How to complete this task: Going line by line through the records below, count those with the word "else" and give only the count.

Saved data entries
"""

//! A data connection is bound, or its binding fails (RFC 6062, section 4.3).

ghost use Rattle.std.specs.Prelude.{◌≡◌, ℕ, find, true, IfOk, OnErr, OnOk, Some};
ghost use Rattle.turn_auth.specs.Challenge.{MayTake};
ghost use Rattle.turn_client_api.specs.Connections.{bind_again, bind_answered, bind_step, bound, connection_at, not_bound};
ghost use Rattle.turn_client_api.specs.Effect.{transaction_ended};
ghost use Rattle.turn_client_api.specs.Grants.{purposes_of};
ghost use Rattle.turn_client_api.specs.Judgement.{bind_judgement, is_bind_of};
ghost use Rattle.turn_client_api.specs.Memory.{bind_takes_memory, keeps_connection};
ghost use Rattle.turn_client_api.specs.State.{auth_of};
ghost use Rattle.turn_client_core.specs.Apart.{with_streams_of};
ghost use Rattle.turn_client_laws.specs.StreamEffects.{binds_if, binds_to};
ghost use Rattle.turn_stun.specs.Message.{id_of};

use crate::protocol::TurnClientProtocol;
use crate::protocol::incoming::challenge::{queue_again, request_again};
use crate::protocol::incoming::judge::Judged;
use std::alloc::AllocError;
use std::net::SocketAddr;
use turn_auth::received_challenge::ReceivedChallenge;
use turn_client_api::{DataConnection, Purpose};
use turn_stun::instant::Instant;
use turn_stun::message::Message;
use turn_stun::transaction::TransactionId;
use turn_types::message::CONNECTION_BIND;

impl TurnClientProtocol {
    /// Processes a message on the data connection from this local address, and returns the peer to which the
    /// server binds it, if it does: what follows on its stream is that peer's data. If there is no such
    /// connection, the message has another method than CONNECTION_BIND, or the client has ended, nothing
    /// changes.
    ///
    /// # Errors
    ///
    /// If memory allocation fails, to bind the connection or to request that again. Nothing changes
    /// then.
    pub fn bind_step(
        &mut self,
        local: SocketAddr,
        message: &Message<'_>,
        now: Instant,
    ) -> Result<Option<SocketAddr>, AllocError>
        ensures ok { OnOk result (self.new ≡ with_streams_of self.old (bind_step local message.now now self.old)) }
        ensures peer { IfOk result (λ peer. peer ≡ binds_to local message.now self.old) }
        ensures err { OnErr result (self.new ≡ self.old) }
        ensures wanted { OnErr result (bind_takes_memory local message.now self.old ≡ true) }
    {
        if !self.is_allocated() {
            return Ok(None);
        }
        let Some(connection) = self.ledger.table().connection_at(local) else {
            return Ok(None);
        };
        if message.method() != CONNECTION_BIND {
            return Ok(None);
        }
        self.bind_answered(&connection, message, now)
    }

    /// Processes a message on a data connection that waits to be bound, and returns its peer if the message
    /// binds it.
    ///
    /// # Errors
    ///
    /// If memory allocation fails, to bind it or to request that again. Nothing changes then.
    fn bind_answered(
        &mut self,
        connection: &DataConnection,
        message: &Message<'_>,
        now: Instant,
    ) -> Result<Option<SocketAddr>, AllocError>
        requires there { connection_at connection.now.local self.old ≡ Some connection.now }
        ensures ok { OnOk result (self.new ≡ with_streams_of self.old (bind_answered connection.now message.now now self.old)) }
        ensures peer { IfOk result (λ peer. peer ≡ binds_if connection.now (bind_judgement self.old connection.now.local message.now)) }
        ensures err { OnErr result (self.new ≡ self.old) }
        ensures wanted { OnErr result (keeps_connection (bind_judgement self.old connection.now.local message.now) ≡ true) }
    {
        match self.judge_bind(connection.local, message) {
            Judged::Challenged(challenge) => {
                self.bind_again(connection, message.transaction_id(), &challenge, now)?;
                Ok(None)
            }
            Judged::SignedSuccess => {
                self.bound(connection, message)?;
                Ok(Some(connection.peer))
            }
            Judged::SignedError => {
                self.bind_refused(connection, message);
                Ok(None)
            }
            _ => {
                self.ledger.not_bound(connection);
                Ok(None)
            }
        }
    }

    /// The server bound the connection with this message. Its stream is left to the caller.
    ///
    /// # Errors
    ///
    /// If memory allocation fails. Nothing changes then.
    fn bound(
        &mut self,
        connection: &DataConnection,
        message: &Message<'_>,
    ) -> Result<(), AllocError>
        ensures ok { OnOk result (self.new ≡ with_streams_of self.old (bound connection.now (transaction_ended (id_of message.now) self.old))) }
        ensures err { OnErr result (self.new ≡ self.old) }
    {
        // Keeps the room for the failure events of families that are still requested.
        let Some(events) = self.families.len().checked_add(1) else {
            return Err(AllocError);
        };
        self.ledger.reserve(0, 0, events, 0)?;
        self.outbox.end(message.transaction_id());
        self.ledger.bound(connection);
        Ok(())
    }

    /// The server did not bind the connection, as this message says. Allocates no memory.
    fn bind_refused(&mut self, connection: &DataConnection, message: &Message<'_>)
        requires { connection_at connection.now.local self.old ≡ Some connection.now }
        ensures { self.new ≡ not_bound connection.now (transaction_ended (id_of message.now) self.old) }
    {
        // A signed error ends the transaction too (our choice): the request was answered.
        self.outbox.end(message.transaction_id());
        self.ledger.not_bound(connection);
    }

    /// Accepts the challenge to the request with this ID, and requests the binding of the connection again,
    /// if the request was for that. The old request stays outstanding, and the challenge is not
    /// counted: each concerns one connection, not the client (our choice).
    ///
    /// # Errors
    ///
    /// If memory allocation fails. Nothing changes then.
    fn bind_again(
        &mut self,
        connection: &DataConnection,
        id: TransactionId,
        challenge: &ReceivedChallenge<'_>,
        now: Instant,
    ) -> Result<(), AllocError>
        requires { MayTake (auth_of self.old) challenge.now }
        ensures ok { OnOk result (self.new ≡ bind_again connection.now id challenge.now now self.old) }
        ensures err { OnErr result (self.new ≡ self.old) }
    {
        let Some(purpose) = self.ledger.table().bind_purpose(id, connection.local) else {
            return Ok(());
        };
        self.ask_bind(connection, challenge, &purpose, now)
    }

    /// Accepts the challenge, and makes the request for this purpose again: to bind the connection.
    ///
    /// # Errors
    ///
    /// If memory allocation fails. Nothing changes then.
    fn ask_bind(
        &mut self,
        connection: &DataConnection,
        challenge: &ReceivedChallenge<'_>,
        purpose: &Purpose,
        now: Instant,
    ) -> Result<(), AllocError>
        requires fits { MayTake (auth_of self.old) challenge.now }
        ensures ok { (id : ℕ) → find (is_bind_of connection.now.local) (purposes_of id self.old) ≡ Some purpose.now
            → OnOk result (self.new ≡ bind_again connection.now id challenge.now now self.old) }
        ensures err { OnErr result (self.new ≡ self.old) }
    {
        let fresh = self.fresh_id();
        let from = self.sent_from(purpose);
        let signed = request_again(
            self.alloc,
            &self.auth,
            self.ledger.transport(),
            self.families.as_slice(),
            challenge,
            purpose,
            fresh,
        )?;
        let waits_from = self.waits_from(now);
        let challenge = queue_again(
            &mut self.ledger,
            &mut self.outbox,
            fresh,
            signed,
            from,
            waits_from,
        )?;
        self.ledger
            .bind_again(connection.local, fresh, *purpose, now);
        self.auth.accept(challenge);
        Ok(())
    }
}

"""

Solution for this problem: 3